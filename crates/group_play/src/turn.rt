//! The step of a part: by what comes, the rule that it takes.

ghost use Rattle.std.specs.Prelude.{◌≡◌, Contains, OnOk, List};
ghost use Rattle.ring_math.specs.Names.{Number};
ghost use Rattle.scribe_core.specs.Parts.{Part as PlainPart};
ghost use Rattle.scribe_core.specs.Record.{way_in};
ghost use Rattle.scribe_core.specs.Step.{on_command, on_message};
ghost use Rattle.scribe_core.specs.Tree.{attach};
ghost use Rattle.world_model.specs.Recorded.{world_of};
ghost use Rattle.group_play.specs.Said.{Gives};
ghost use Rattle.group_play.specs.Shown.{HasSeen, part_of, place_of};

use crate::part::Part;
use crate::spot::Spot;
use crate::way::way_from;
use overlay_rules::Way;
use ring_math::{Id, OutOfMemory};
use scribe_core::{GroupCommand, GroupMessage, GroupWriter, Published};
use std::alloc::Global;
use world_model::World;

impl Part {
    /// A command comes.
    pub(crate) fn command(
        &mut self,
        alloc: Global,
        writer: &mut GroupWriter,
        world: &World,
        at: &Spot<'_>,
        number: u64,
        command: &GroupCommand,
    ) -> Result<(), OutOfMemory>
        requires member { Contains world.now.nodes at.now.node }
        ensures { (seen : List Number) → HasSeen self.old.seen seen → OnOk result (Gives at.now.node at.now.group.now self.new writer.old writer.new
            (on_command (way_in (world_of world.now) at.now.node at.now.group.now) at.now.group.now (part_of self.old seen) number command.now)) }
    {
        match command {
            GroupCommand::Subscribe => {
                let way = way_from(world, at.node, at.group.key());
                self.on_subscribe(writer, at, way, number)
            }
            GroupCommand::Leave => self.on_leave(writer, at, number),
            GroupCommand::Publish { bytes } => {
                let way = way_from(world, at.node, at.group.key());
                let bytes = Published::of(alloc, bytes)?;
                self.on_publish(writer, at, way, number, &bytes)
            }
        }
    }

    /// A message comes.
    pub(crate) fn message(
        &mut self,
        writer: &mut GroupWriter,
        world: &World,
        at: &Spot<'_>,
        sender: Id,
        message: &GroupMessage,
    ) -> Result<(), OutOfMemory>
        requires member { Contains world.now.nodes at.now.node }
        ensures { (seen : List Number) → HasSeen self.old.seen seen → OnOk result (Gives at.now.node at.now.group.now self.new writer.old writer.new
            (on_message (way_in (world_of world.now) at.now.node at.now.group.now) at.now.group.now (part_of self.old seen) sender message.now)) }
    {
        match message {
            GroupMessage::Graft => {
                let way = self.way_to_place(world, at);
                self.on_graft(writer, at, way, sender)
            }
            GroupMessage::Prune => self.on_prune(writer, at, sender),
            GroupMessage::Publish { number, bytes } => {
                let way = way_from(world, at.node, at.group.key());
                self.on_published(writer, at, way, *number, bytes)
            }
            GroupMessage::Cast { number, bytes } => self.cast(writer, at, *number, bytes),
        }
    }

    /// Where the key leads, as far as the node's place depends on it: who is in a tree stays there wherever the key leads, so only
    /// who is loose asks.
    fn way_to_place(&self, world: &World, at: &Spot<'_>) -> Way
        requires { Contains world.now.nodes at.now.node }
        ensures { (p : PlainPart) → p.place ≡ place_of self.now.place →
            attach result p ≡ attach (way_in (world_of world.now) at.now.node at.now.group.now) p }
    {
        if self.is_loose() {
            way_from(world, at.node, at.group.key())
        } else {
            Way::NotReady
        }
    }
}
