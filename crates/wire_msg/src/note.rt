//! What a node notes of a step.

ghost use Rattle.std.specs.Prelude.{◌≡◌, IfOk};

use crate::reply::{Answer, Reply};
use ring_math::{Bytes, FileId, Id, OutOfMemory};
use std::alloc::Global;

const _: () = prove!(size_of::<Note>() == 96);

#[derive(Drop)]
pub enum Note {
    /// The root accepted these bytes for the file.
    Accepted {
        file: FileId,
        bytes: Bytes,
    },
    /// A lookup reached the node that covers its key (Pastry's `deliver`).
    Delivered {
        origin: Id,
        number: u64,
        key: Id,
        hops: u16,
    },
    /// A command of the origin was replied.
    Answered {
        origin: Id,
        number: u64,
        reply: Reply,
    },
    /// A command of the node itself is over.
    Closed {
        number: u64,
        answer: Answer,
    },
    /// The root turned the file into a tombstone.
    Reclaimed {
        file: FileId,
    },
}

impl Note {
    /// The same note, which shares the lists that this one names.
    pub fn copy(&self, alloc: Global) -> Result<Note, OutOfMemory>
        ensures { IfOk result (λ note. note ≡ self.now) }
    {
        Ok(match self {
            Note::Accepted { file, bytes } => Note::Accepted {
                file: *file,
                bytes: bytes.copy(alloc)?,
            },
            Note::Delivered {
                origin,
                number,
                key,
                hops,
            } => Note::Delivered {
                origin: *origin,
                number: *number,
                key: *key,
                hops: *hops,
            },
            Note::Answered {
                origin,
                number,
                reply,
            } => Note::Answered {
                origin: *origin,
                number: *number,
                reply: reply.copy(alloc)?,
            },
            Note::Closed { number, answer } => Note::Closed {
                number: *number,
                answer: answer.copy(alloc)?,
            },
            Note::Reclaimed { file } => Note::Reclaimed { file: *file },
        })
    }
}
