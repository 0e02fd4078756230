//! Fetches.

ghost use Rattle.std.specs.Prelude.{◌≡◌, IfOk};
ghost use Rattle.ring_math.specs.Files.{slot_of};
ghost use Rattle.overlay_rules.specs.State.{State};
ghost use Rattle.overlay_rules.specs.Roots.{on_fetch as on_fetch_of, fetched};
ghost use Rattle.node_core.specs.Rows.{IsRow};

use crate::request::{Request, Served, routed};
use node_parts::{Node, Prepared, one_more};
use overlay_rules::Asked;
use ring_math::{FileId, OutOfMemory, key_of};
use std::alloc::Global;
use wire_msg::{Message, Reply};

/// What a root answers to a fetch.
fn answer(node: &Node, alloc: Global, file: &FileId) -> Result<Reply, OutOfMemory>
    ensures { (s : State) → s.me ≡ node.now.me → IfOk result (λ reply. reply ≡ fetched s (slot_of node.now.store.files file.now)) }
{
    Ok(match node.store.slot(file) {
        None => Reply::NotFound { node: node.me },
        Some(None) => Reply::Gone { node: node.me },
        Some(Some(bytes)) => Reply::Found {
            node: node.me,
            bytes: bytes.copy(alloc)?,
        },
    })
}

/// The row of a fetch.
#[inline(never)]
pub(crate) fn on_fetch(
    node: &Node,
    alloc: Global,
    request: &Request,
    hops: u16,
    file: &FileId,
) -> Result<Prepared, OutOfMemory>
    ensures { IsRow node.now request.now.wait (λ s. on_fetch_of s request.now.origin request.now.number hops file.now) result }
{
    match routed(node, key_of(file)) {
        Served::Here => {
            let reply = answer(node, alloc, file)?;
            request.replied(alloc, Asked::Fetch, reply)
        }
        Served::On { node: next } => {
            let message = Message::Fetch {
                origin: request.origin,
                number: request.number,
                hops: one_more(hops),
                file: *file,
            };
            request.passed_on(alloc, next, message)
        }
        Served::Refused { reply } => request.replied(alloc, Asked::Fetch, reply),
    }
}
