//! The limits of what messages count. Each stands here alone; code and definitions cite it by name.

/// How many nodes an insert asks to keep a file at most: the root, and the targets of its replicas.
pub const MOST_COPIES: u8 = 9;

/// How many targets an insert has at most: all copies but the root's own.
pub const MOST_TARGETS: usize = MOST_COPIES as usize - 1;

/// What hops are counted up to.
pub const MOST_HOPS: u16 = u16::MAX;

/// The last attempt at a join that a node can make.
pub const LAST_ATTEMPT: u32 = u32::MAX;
==
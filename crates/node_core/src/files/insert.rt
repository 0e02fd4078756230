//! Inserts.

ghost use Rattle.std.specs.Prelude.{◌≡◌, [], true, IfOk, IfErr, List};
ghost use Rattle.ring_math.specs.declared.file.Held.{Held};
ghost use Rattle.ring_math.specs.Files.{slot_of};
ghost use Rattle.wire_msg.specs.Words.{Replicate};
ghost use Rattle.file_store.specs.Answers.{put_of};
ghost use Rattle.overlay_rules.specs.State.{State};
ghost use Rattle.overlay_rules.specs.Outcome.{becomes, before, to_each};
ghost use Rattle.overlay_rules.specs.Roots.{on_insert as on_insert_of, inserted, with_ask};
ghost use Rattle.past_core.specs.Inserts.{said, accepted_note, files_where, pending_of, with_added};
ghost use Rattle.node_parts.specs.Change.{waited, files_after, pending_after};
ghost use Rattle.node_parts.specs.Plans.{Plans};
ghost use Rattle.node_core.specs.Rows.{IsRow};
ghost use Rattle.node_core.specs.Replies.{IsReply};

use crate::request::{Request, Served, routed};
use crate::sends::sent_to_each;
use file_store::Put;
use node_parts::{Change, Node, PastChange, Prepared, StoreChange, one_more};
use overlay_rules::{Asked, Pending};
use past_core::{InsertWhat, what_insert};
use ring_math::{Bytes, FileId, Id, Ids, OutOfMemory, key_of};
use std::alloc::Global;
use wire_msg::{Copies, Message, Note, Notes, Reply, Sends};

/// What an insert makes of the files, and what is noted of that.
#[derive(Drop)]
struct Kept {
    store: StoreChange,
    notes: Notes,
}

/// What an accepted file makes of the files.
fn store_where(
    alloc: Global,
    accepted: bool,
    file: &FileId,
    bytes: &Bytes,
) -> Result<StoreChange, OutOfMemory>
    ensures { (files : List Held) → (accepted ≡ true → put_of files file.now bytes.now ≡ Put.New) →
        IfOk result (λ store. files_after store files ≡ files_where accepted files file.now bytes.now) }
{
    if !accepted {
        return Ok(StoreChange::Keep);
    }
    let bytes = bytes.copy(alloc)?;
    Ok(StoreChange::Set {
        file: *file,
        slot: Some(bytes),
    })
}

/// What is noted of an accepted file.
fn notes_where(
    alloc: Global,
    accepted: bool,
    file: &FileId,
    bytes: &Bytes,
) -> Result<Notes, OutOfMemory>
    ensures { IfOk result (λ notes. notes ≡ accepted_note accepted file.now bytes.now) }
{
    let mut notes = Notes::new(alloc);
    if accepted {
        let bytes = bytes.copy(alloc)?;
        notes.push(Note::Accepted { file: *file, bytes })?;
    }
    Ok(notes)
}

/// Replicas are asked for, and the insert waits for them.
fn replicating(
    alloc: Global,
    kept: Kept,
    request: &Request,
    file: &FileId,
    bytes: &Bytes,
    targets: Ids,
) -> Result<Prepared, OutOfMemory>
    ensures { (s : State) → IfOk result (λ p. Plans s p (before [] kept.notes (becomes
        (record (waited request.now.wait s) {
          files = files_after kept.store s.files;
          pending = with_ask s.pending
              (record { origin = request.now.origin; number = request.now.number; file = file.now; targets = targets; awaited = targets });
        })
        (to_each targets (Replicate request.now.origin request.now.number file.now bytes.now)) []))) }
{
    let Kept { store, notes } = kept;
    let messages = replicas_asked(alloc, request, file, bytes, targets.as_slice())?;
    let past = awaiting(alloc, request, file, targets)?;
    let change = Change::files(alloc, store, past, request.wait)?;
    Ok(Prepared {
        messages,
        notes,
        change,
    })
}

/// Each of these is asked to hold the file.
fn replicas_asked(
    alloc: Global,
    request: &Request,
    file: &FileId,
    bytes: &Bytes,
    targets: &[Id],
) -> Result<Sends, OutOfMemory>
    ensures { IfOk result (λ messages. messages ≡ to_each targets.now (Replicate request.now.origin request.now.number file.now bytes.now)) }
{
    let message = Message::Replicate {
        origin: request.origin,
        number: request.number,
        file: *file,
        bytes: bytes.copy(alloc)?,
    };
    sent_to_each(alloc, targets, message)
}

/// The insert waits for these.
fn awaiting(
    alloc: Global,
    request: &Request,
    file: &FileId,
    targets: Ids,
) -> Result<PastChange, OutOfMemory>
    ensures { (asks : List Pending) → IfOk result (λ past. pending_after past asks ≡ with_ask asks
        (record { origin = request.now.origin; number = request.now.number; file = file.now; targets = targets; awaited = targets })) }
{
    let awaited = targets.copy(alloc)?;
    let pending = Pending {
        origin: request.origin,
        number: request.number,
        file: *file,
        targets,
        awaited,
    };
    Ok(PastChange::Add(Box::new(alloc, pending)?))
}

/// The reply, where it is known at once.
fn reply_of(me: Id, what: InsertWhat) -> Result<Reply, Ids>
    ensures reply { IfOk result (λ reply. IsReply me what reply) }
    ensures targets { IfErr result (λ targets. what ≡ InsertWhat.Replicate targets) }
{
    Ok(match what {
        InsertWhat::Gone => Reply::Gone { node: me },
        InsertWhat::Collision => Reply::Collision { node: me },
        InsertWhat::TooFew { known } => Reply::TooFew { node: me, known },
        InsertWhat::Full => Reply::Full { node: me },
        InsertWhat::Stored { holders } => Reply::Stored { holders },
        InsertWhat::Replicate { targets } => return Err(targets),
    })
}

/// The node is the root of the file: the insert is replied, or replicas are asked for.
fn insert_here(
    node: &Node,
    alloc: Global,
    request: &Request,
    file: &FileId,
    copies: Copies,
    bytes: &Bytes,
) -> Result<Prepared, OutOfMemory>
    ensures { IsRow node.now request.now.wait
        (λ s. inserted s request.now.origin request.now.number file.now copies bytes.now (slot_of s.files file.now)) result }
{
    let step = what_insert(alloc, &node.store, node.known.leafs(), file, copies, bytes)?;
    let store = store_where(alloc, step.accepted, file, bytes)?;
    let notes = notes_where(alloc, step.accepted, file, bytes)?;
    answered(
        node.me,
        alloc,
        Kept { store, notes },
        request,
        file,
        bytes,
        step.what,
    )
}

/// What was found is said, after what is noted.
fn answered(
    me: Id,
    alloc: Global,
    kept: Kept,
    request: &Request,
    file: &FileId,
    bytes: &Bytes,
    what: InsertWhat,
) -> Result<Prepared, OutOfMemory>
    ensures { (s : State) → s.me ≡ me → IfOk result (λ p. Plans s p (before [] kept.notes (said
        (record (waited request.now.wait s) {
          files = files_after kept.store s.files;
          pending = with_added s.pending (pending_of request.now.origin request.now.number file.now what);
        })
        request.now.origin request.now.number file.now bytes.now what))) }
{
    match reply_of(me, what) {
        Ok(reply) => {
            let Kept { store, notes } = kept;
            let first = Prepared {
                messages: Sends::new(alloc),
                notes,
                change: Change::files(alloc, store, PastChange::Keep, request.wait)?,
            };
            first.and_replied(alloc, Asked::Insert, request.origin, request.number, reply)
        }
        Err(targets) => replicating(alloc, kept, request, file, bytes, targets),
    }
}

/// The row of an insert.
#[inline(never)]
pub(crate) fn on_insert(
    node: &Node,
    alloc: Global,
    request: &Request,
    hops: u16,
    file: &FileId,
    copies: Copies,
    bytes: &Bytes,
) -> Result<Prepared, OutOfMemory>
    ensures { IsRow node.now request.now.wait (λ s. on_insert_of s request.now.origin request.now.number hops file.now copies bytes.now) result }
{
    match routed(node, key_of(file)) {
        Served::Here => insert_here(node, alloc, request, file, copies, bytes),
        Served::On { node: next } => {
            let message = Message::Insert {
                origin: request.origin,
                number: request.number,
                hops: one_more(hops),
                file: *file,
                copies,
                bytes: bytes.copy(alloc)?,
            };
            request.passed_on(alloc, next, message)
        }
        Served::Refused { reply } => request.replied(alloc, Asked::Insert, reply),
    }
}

*Instructions for the task*: Using the material above, filter for lines holding "crates" and copy each one.

*Output*:
filename crates/group_play/src/turn.rt
filename crates/wire_msg/src/note.rt
filename crates/node_core/src/files/insert.rt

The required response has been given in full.